Why Americans Hate Incumbents Yet Still Re-Elect Them

In a recent article, PolitiFact ran the data and apparently the approval rating for Congress is around 14%, yet the incumbent re-election rate is around 95%. Just in case you just suffered blunt force trauma to the head, let me explain why that statistic is odd. It means potential voters overwhelmingly hate the people who are currently in office, and yet actual voters overwhelmingly re-elect those same despised individuals.

That is odd, to say the least. But what exactly does it mean? I think the bottom line is this: people generally vote according to a universalized version of the Buckley Rule. The Buckley Rule, named after conservative William F. Buckley, Jr., is the principle that conservatives should vote for “the rightwardmost electable candidate.”

A universalized version of the Buckley Rule would basically mean voting for “the least undesirable viable candidate.” In other words, vote from within the candidates that have a chance (i.e., the Democrat or the Republican) and then vote for the candidate that most agrees with you between the two choices.

So what that means is this. Voters may absolutely and overwhelmingly hate all the candidates, but they hate some candidates less than others. But why does the incumbent nearly always win? Because he is generally either a Republican or a Democrat. And people are voting along party lines.

Incumbents got elected in the first place for a reason, and it is likely that the circumstances haven’t changed much since the last election. The electorate hasn’t changed much. So the election results don’t change much. Think about it. If the majority of a population votes Democrat, they are going to keep voting Democrat. And incumbents don’t change parties after a victory hardly ever, so they keep getting elected.

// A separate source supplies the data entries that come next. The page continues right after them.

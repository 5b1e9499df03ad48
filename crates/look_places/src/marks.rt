//! A line of a text in the form that editors, `make` and CI jump by.

ghost use Rattle.std.specs.Prelude.{◌≡◌, ◌++◌, OnOk, option_map};
ghost use Rattle.std.specs.List.{position};
ghost use Rattle.std.specs.Option.{option_copied};
ghost use Rattle.sts_asm.specs.Source.{line_at as line_of_text};
ghost use Rattle.look_names.specs.Names.{line_name, outline_of};
ghost use Rattle.look_places.specs.Marks as def;

use look_names::{Names, Said};
use look_text::say;
use std::alloc::Global;
use std::marker::Model;
use sts_asm::Outline;
use sts_output::line_at;
use sts_text::{cut_at, digits_up_to};

/// A text with its names, and the name of its file.
#[derive(Drop)]
pub(crate) struct Source<'a, 't> {
    file: &'a str,
    text: &'t [u8],
    names: &'a Names<'t>,
}

impl<'a, 't> Model for Source<'a, 't> {
    ghost use Rattle.std.specs.Prelude.{◌≡◌};
    ghost use Rattle.look_places.specs.Marks.{Source};

    ghost Value = { Source };

    ghost view = { λ s. record { file = s.file.now; text = s.text.now } };

    ghost invariant = { λ s. s.names.now ≡ s.text.now };
}

impl<'a, 't> Source<'a, 't> {
    /// A text of these names, in the file of this name.
    pub(crate) fn new(file: &'a str, text: &'t [u8], names: &'a Names<'t>) -> Source<'a, 't>
        requires { names.now ≡ text.now }
        ensures { result ≡ record { file = file.now; text = text.now } }
    {
        Source { file, text, names }
    }

    pub(crate) fn file(&self) -> &str
        ensures { result.now ≡ self.now.file }
    {
        self.file
    }

    pub(crate) fn text(&self) -> &'t [u8]
        ensures { result.now ≡ self.now.text }
    {
        self.text
    }

    /// The functions of the text with their lines, or none if a line has a fault.
    pub(crate) fn outline(&self) -> &Outline<'t>
        ensures { result.now ≡ outline_of self.now.text }
    {
        self.names.outline()
    }

    fn name(&self, line: u32) -> Option<&'t str>
        ensures { option_map (λ n. n.now) result ≡ line_name self.now.text line }
    {
        self.names.line(line)
    }

    /// The line of the instruction at a place of a function; at its end that of its last one.
    pub(crate) fn line_of(&self, function: u32, pc: u32) -> u32
        ensures { result ≡ def.line_of self.now function pc }
    {
        match self.names.sentence(function, pc) {
            Some(sentence) => sentence.line(),
            None => match self.names.sentence(function, pc.saturating_sub(1)) {
                Some(last) => last.line(),
                None => 1,
            },
        }
    }
}

fn is_inked(b: u8) -> bool
    ensures { result ≡ def.is_inked b }
{
    !matches!(b, b' ' | b'\t' | b'\r')
}

fn ink_in(line: &[u8]) -> Option<usize>
    ensures { result ≡ position def.is_inked line.now }
{
    line.iter().position(|b| is_inked(*b))
}

/// The column of the first word of a line.
#[tactic(auto, using(sts_text::proofs::WordLemmas::positions))]
fn column_in(line: &[u8]) -> usize
    ensures { result ≡ def.column_by (position def.is_inked line.now) }
{
    match ink_in(line) {
        Some(before) if before < line.len() => before + 1,
        _ => 1,
    }
}

fn column_of(line: Option<&[u8]>) -> usize
    ensures { result ≡ def.column_of (option_copied line.entry) }
{
    match line {
        None => 1,
        Some(line) => column_in(line),
    }
}

/// The column of the first word of the line of this number.
fn column_at(text: &[u8], line: u32) -> usize
    ensures { result ≡ def.column_of (line_of_text text.now line) }
{
    column_of(line_at(text, u64::from(line)))
}

fn is_place(name: &[u8]) -> bool
    ensures { result ≡ def.is_place name.now }
{
    let (file, line) = cut_at(name, b':');
    !file.is_empty() && digits_up_to(line, u32::MAX).is_some()
}

impl Source<'_, '_> {
    /// `FILE:LINE:COLUMN`
    fn say_plain_mark(&self, alloc: Global, out: &mut Vec<u8>, line: u32) -> Said
        ensures { OnOk result (out.new.items ≡ out.old.items ++ def.plain_mark self.now line) }
    {
        let column = column_at(self.text(), line);
        let place = format!(in alloc; ":{line}:{column}")?;
        say(out, self.file())?;
        say(out, place.as_str())
    }

    /// Appends the place of the line of this number: its name, if that is a place.
    ///
    /// # Errors
    ///
    /// Memory ran out; `out` may then have a part of it.
    pub(crate) fn say_mark(&self, alloc: Global, out: &mut Vec<u8>, line: u32) -> Said
        ensures { OnOk result (out.new.items ≡ out.old.items ++ def.mark self.now line) }
    {
        match self.name(line) {
            None => self.say_plain_mark(alloc, out, line),
            Some(name) => if is_place(name.as_bytes()) {
                say(out, name)
            } else {
                self.say_plain_mark(alloc, out, line)
            }
        }
    }
}
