//! What is wrong with a text, with the names of its lines, or in the form that editors, `make` and CI
//! jump by.
//!
//! `marks` says where a line is: `FILE:LINE:COLUMN`. `faults` finds the line of a fault of a text,
//! and `ways` the lines that two ways come from.
#![tactic(auto)]

mod faults;
mod marks;
mod named;
mod report;
mod reporting;
mod rules;
mod ways;

pub use named::write_named;
pub use report::write_places;
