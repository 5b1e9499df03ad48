//! The notes on instructions that rely on a rule that JDK 25 doesn't share.

ghost use Rattle.std.specs.Prelude.{◌≡◌, ◌++◌, OnOk};
ghost use Rattle.std.specs.List.{flat_map};
ghost use Rattle.look_places.specs.Reports as def;

use crate::marks::Source;
use look_accepted::{Note, note_lines};
use look_names::Said;
use look_text::say;
use std::alloc::Global;
use sts_code::Program;

impl Source<'_, '_> {
    fn say_rule(&self, alloc: Global, out: &mut Vec<u8>, program: &Program, note: Note) -> Said
        ensures { OnOk result (out.new.items
            ≡ out.old.items ++ def.rule_note self.now program.now note) }
    {
        self.say_mark(alloc, out, self.line_of(note.function, note.place))?;
        say(out, ": note: ")?;
        note_lines(alloc, out, self.outline(), program, &[note])
    }

    /// Appends a note for each.
    ///
    /// # Errors
    ///
    /// Memory ran out; `out` may then have a part of them.
    pub(crate) fn say_rules(
        &self,
        alloc: Global,
        out: &mut Vec<u8>,
        program: &Program,
        notes: &[Note],
    ) -> Said
        ensures { OnOk result (out.new.items
            ≡ out.old.items ++ flat_map (def.rule_note self.now program.now) notes.now) }
    {
        for note in notes {
            self.say_rule(alloc, out, program, *note)?;
        }
        Ok(())
    }
}
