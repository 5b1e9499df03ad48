//! An explanation with the names of the lines that it mentions.

ghost use Rattle.std.specs.Prelude.{◌≡◌, ◌++◌, IfOk, OnOk, false};
ghost use Rattle.std.specs.List.{before_first, position};
ghost use Rattle.sts_output.specs.Output as cli;
ghost use Rattle.sts_output.specs.Stops.{Prints};
ghost use Rattle.sts_text.specs.Words.{lines};
ghost use Rattle.look_names.specs.Names.{outline_of};
ghost use Rattle.look_places.specs.Named as def;

use look_names::{Names, Said};
use look_refusal::explained_by;
use look_text::say;
use std::alloc::{AllocError, Global};
use std::io::Write;
use sts_asm::{Outline, Source, read};
use sts_output::{Output, Status, Stopped, write_shown};
use sts_text::{Words, cut_at_newline, digits_up_to};

/// The status for a fault of a text.
const FAULTY: u8 = 3;

fn is_other(b: u8) -> bool
    ensures { result ≡ def.is_other b }
{
    !b.is_ascii_digit()
}

fn other_in(word: &[u8]) -> Option<usize>
    ensures { result ≡ position def.is_other word.now }
{
    word.iter().position(|b| is_other(*b))
}

/// The digits that a word begins with.
#[tactic(auto, using(sts_text::proofs::WordLemmas::positions))]
fn digits_in(word: &[u8]) -> &[u8]
    ensures { result.now ≡ before_first def.is_other word.now }
{
    match other_in(word) {
        Some(end) => &word[..end],
        None => word,
    }
}

fn number_in(word: &[u8]) -> Option<u32>
    ensures { result ≡ def.number_in word.now }
{
    digits_up_to(digits_in(word), u32::MAX)
}

/// ` (NAME)`, if the line of the number that a word begins with has a name.
fn say_name(out: &mut Vec<u8>, names: &Names<'_>, word: &[u8]) -> Said
    ensures { OnOk result (out.new.items ≡ out.old.items ++ def.name_by names.now word.now) }
{
    let Some(line) = number_in(word) else {
        return Ok(());
    };
    let Some(name) = names.line(line) else {
        return Ok(());
    };
    say(out, " (")?;
    say(out, name)?;
    say(out, ")")
}

fn say_name_if(out: &mut Vec<u8>, names: &Names<'_>, is_number: bool, word: &[u8]) -> Said
    ensures { OnOk result (out.new.items
        ≡ out.old.items ++ def.name_if names.now is_number word.now) }
{
    if is_number {
        say_name(out, names, word)
    } else {
        Ok(())
    }
}

/// Appends the names of the lines that these words mention.
fn say_names<'a>(out: &mut Vec<u8>, names: &Names<'_>, words: Words<'a>) -> Said
    ensures { OnOk result (out.new.items
        ≡ out.old.items ++ def.names_in names.now false words.entry) }
{
    let mut left = words;
    let mut is_number = false;
    while let Some(word) = left.word() {
        say_name_if(out, names, is_number, word)?;
        is_number = word == b"line".as_slice();
    }
    Ok(())
}

fn say_line(out: &mut Vec<u8>, names: &Names<'_>, line: &[u8]) -> Said
    ensures { OnOk result (out.new.items ≡ out.old.items ++ def.named_line names.now line.now) }
{
    out.extend_from_slice(line)?;
    say_names(out, names, Words::new(line))?;
    say(out, "\n")
}

fn say_line_if(out: &mut Vec<u8>, names: &Names<'_>, line: &[u8]) -> Said
    ensures { OnOk result (out.new.items ≡ out.old.items ++ def.named_if names.now line.now) }
{
    if line.is_empty() {
        Ok(())
    } else {
        say_line(out, names, line)
    }
}

/// Appends lines, each with the names of the lines that it mentions.
fn say_lines(out: &mut Vec<u8>, names: &Names<'_>, told: &[u8]) -> Said
    ensures { OnOk result (out.new.items
        ≡ out.old.items ++ def.named_lines names.now (lines told.now)) }
{
    let mut rest = told;
    while let Some((line, after)) = cut_at_newline(rest) {
        say_line_if(out, names, line)?;
        rest = after;
    }
    say_line_if(out, names, rest)
}

/// The lines of an explanation with names.
fn with_names(alloc: Global, names: &Names<'_>, told: &[u8]) -> Result<Vec<u8>, AllocError>
    ensures { IfOk result (λ b. b.items ≡ def.named_lines names.now (lines told.now)) }
{
    let mut bytes = Vec::new(alloc);
    say_lines(&mut bytes, names, told)?;
    Ok(bytes)
}

/// An explanation with these names.
fn named_by(alloc: Global, names: &Names<'_>, told: &Output) -> Result<Output, AllocError>
    ensures { IfOk result (λ o. o ≡ def.with_names names.now told.now) }
{
    let bytes = with_names(alloc, names, told.bytes.as_slice())?;
    Ok(Output {
        bytes,
        status: told.status,
    })
}

/// An explanation with the names of its text.
fn named<'t>(
    alloc: Global,
    text: &'t [u8],
    outline: Outline<'t>,
    told: &Output,
) -> Result<Output, AllocError>
    requires { outline ≡ outline_of text.now }
    ensures { IfOk result (λ o. o ≡ def.with_names text.now told.now) }
{
    let names = Names::new(alloc, text, outline)?;
    named_by(alloc, &names, told)
}

/// An explanation with names; a fault of the text has none.
fn named_if<'t>(
    alloc: Global,
    text: &'t [u8],
    outline: Outline<'t>,
    told: Output,
) -> Result<Output, AllocError>
    requires { outline ≡ outline_of text.now }
    ensures { IfOk result (λ o. o ≡ def.named text.now told) }
{
    if told.status == FAULTY {
        Ok(told)
    } else {
        named(alloc, text, outline, &told)
    }
}

fn named_of(alloc: Global, text: &[u8]) -> Result<Output, Stopped>
    ensures { Prints result (def.IsNamed text.now) }
{
    let Source { outline, program } = read(alloc, text)?;
    let told = explained_by(alloc, &outline, program, text)?;
    Ok(named_if(alloc, text, outline, told)?)
}

/// Writes what is wrong with a text, if anything is, with the names of the lines that it mentions,
/// and gives the status that `sts verify` gives.
///
/// It takes all its memory before the first byte is written.
///
/// # Errors
///
/// A write failed.
pub fn write_named<W: Write>(alloc: Global, text: &[u8], out: &mut W) -> Status
    ensures { IfOk result (λ s. (o : cli.Output) × def.IsNamedExplanation text.now o
        × cli.Writes (W.contents out.old) (W.contents out.new) s o) }
{
    write_shown(named_of(alloc, text), out)
}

The only significant way to change incumbent re-election stats would be to significantly change the voter population make-up. This can come from redrawing district lines or by encouraging more voters to the polls or other similar means. Far and away, the major losses for incumbents in the midterm elections had to do with a significant change in voter turnout. The people who were really motivated to get out and vote for Obama really didn’t care all that much to get out for the midterms. So Democrats lost.

There are so many potential causal fallacies here, that I can understand why political pundits (especially on the left) have been getting it wrong. For instance, there’s this statistic: “Nearly always, the candidate that spends the most money wins.” But that doesn’t mean a candidate won because he spent the most money. When you factor in the incumbent re-election stat, things start to make more sense. The incumbent nearly always gets elected, and the incumbent also nearly always gets more money. He gets establishment money. So maybe the candidate that spends the most money wins because the candidate that gets the most money would have won anyway, as the incumbent.

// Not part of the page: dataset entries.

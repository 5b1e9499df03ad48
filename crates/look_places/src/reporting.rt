//! The lines of a report.

ghost use Rattle.std.specs.Prelude.{◌≡◌, ◌++◌, OnOk};
ghost use Rattle.sts_text.specs.Words.{lines};
ghost use Rattle.look_places.specs.Faults.{code};
ghost use Rattle.look_places.specs.Reports as def;

use crate::faults::{Finding, say_code};
use crate::marks::Source;
use look_text::{Said, say};
use std::alloc::Global;
use sts_text::cut_at_newline;

impl Source<'_, '_> {
    /// `FILE:LINE:COLUMN: V13: what to do`
    fn say_problem(&self, alloc: Global, out: &mut Vec<u8>, found: Finding, message: &[u8]) -> Said
        ensures { OnOk result (out.new.items
            ≡ out.old.items ++ def.problem self.now found.line (code found.problem) message.now) }
    {
        self.say_mark(alloc, out, found.line)?;
        say(out, ": ")?;
        say_code(alloc, out, found.problem)?;
        say(out, ": ")?;
        out.extend_from_slice(message)?;
        say(out, "\n")
    }

    /// Appends `FILE:LINE:COLUMN: note: WORDS`.
    ///
    /// # Errors
    ///
    /// Memory ran out; `out` may then have a part of it.
    pub(crate) fn say_note(&self, alloc: Global, out: &mut Vec<u8>, line: u32, words: &[u8]) -> Said
        ensures { OnOk result (out.new.items
            ≡ out.old.items ++ def.note self.now line words.now) }
    {
        self.say_mark(alloc, out, line)?;
        say(out, ": note: ")?;
        out.extend_from_slice(words)?;
        say(out, "\n")
    }

    fn say_note_if(&self, alloc: Global, out: &mut Vec<u8>, line: u32, words: &[u8]) -> Said
        ensures { OnOk result (out.new.items
            ≡ out.old.items ++ def.note_if self.now line words.now) }
    {
        if words.is_empty() {
            Ok(())
        } else {
            self.say_note(alloc, out, line, words)
        }
    }

    /// A note for each line that has a byte.
    fn say_notes(&self, alloc: Global, out: &mut Vec<u8>, line: u32, words: &[u8]) -> Said
        ensures { OnOk result (out.new.items
            ≡ out.old.items ++ def.notes self.now line (lines words.now)) }
    {
        let mut rest = words;
        while let Some((one, after)) = cut_at_newline(rest) {
            self.say_note_if(alloc, out, line, one)?;
            rest = after;
        }
        self.say_note_if(alloc, out, line, rest)
    }

    /// The first line says what to do, and each other one is a note.
    fn say_below(&self, alloc: Global, out: &mut Vec<u8>, found: Finding, words: &[u8]) -> Said
        ensures { OnOk result (out.new.items ≡ out.old.items
            ++ def.below self.now found.line (code found.problem) (lines words.now)) }
    {
        match cut_at_newline(words) {
            None => self.say_problem(alloc, out, found, words),
            Some((message, more)) => {
                self.say_problem(alloc, out, found, message)?;
                self.say_notes(alloc, out, found.line, more)
            }
        }
    }

    /// Appends the lines of an explanation, as editors read them. Its first line says where it is.
    ///
    /// # Errors
    ///
    /// Memory ran out; `out` may then have a part of them.
    pub(crate) fn say_reported(
        &self,
        alloc: Global,
        out: &mut Vec<u8>,
        found: Finding,
        explained: &[u8],
    ) -> Said
        ensures { OnOk result (out.new.items ≡ out.old.items
            ++ def.reported self.now found.line (code found.problem) (lines explained.now)) }
    {
        match cut_at_newline(explained) {
            None => Ok(()),
            Some((_, rest)) => self.say_below(alloc, out, found, rest),
        }
    }
}
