//! The notes on two ways that meet with different typestates.

ghost use Rattle.std.specs.Prelude.{◌≡◌, ◌++◌, OnOk};
ghost use Rattle.sts_rules.specs.Refusal.{IsRefusal};
ghost use Rattle.look_places.specs.Reports as def;

use crate::marks::Source;
use look_names::Said;
use look_refusal::ways::{Meeting, WayOrigin, find_meeting};
use std::alloc::Global;
use sts_code::Program;
use sts_output::Refusal;
use sts_rules::Cause;

impl Source<'_, '_> {
    /// The place that a way comes from.
    fn say_way(&self, alloc: Global, out: &mut Vec<u8>, function: u32, origin: WayOrigin) -> Said
        ensures { OnOk result (out.new.items
            ≡ out.old.items ++ def.way_note self.now function origin) }
    {
        match origin {
            WayOrigin::Beginning => Ok(()),
            WayOrigin::Edge(pc, _) => {
                let line = self.line_of(function, pc);
                self.say_note(alloc, out, line, b"one way comes from here")
            }
            WayOrigin::Turn(pc) => {
                let line = self.line_of(function, pc);
                self.say_note(alloc, out, line, b"one way is the turn that ends here")
            }
        }
    }

    fn say_meeting(
        &self,
        alloc: Global,
        out: &mut Vec<u8>,
        function: u32,
        meeting: &Meeting,
    ) -> Said
        ensures { OnOk result (out.new.items
            ≡ out.old.items ++ def.meeting_notes self.now function meeting.now) }
    {
        self.say_way(alloc, out, function, meeting.one.origin)?;
        self.say_way(alloc, out, function, meeting.other.origin)
    }

    fn say_met(
        &self,
        alloc: Global,
        out: &mut Vec<u8>,
        program: &Program,
        function: u32,
        pc: u32,
    ) -> Said
        requires { IsRefusal program.now function pc Cause.StatesDiffer }
        ensures { OnOk result (def.AddsWays self.now program.now function pc Cause.StatesDiffer
            out.old.items out.new.items) }
    {
        match find_meeting(alloc, program, function, pc)? {
            None => Ok(()),
            Some(meeting) => self.say_meeting(alloc, out, function, &meeting),
        }
    }

    /// Appends the notes on two ways that meet, if that is the cause of a refusal.
    ///
    /// # Errors
    ///
    /// Memory ran out; `out` may then have a part of them.
    pub(crate) fn say_ways(&self, alloc: Global, out: &mut Vec<u8>, refusal: &Refusal) -> Said
        requires { IsRefusal refusal.now.program refusal.now.function refusal.now.pc
            refusal.now.cause }
        ensures { OnOk result (def.AddsWays self.now refusal.now.program refusal.now.function
            refusal.now.pc refusal.now.cause out.old.items out.new.items) }
    {
        match refusal.cause {
            Cause::StatesDiffer => {
                self.say_met(alloc, out, &refusal.program, refusal.function, refusal.pc)
            }
            _ => Ok(()),
        }
    }
}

But the sad fact is that the majority of Americans don’t care all that much for any of the candidates. They generally vote along party lines: conservatives generally vote Republican and liberals generally vote Democrat. When they vote at all. And voting has become much more of a personal statement than it ever was before. People wanted to vote for Obama because it was historic. They weren’t saying something about him with their vote. They were attempting to say something about themselves. It’s high time people started voting for the person and not the party. Forget Republican and Democrat. Get people in office who will fight for the Constitution. Whatever they call themselves.

Now, I know. I know. Voting for a third party, as we all have been told over and over again, is throwing away your vote, right? According to the Buckley Rule, we all have to vote for viable candidates, remember? No. That’s just what both parties have been preaching for obvious reasons. Because it means Washington stays Republican or Democrat no matter how much we hate the whole lot. Stop drinking the Kool-Aid. Succumb to the obvious: a third party candidate would win if we voted for him.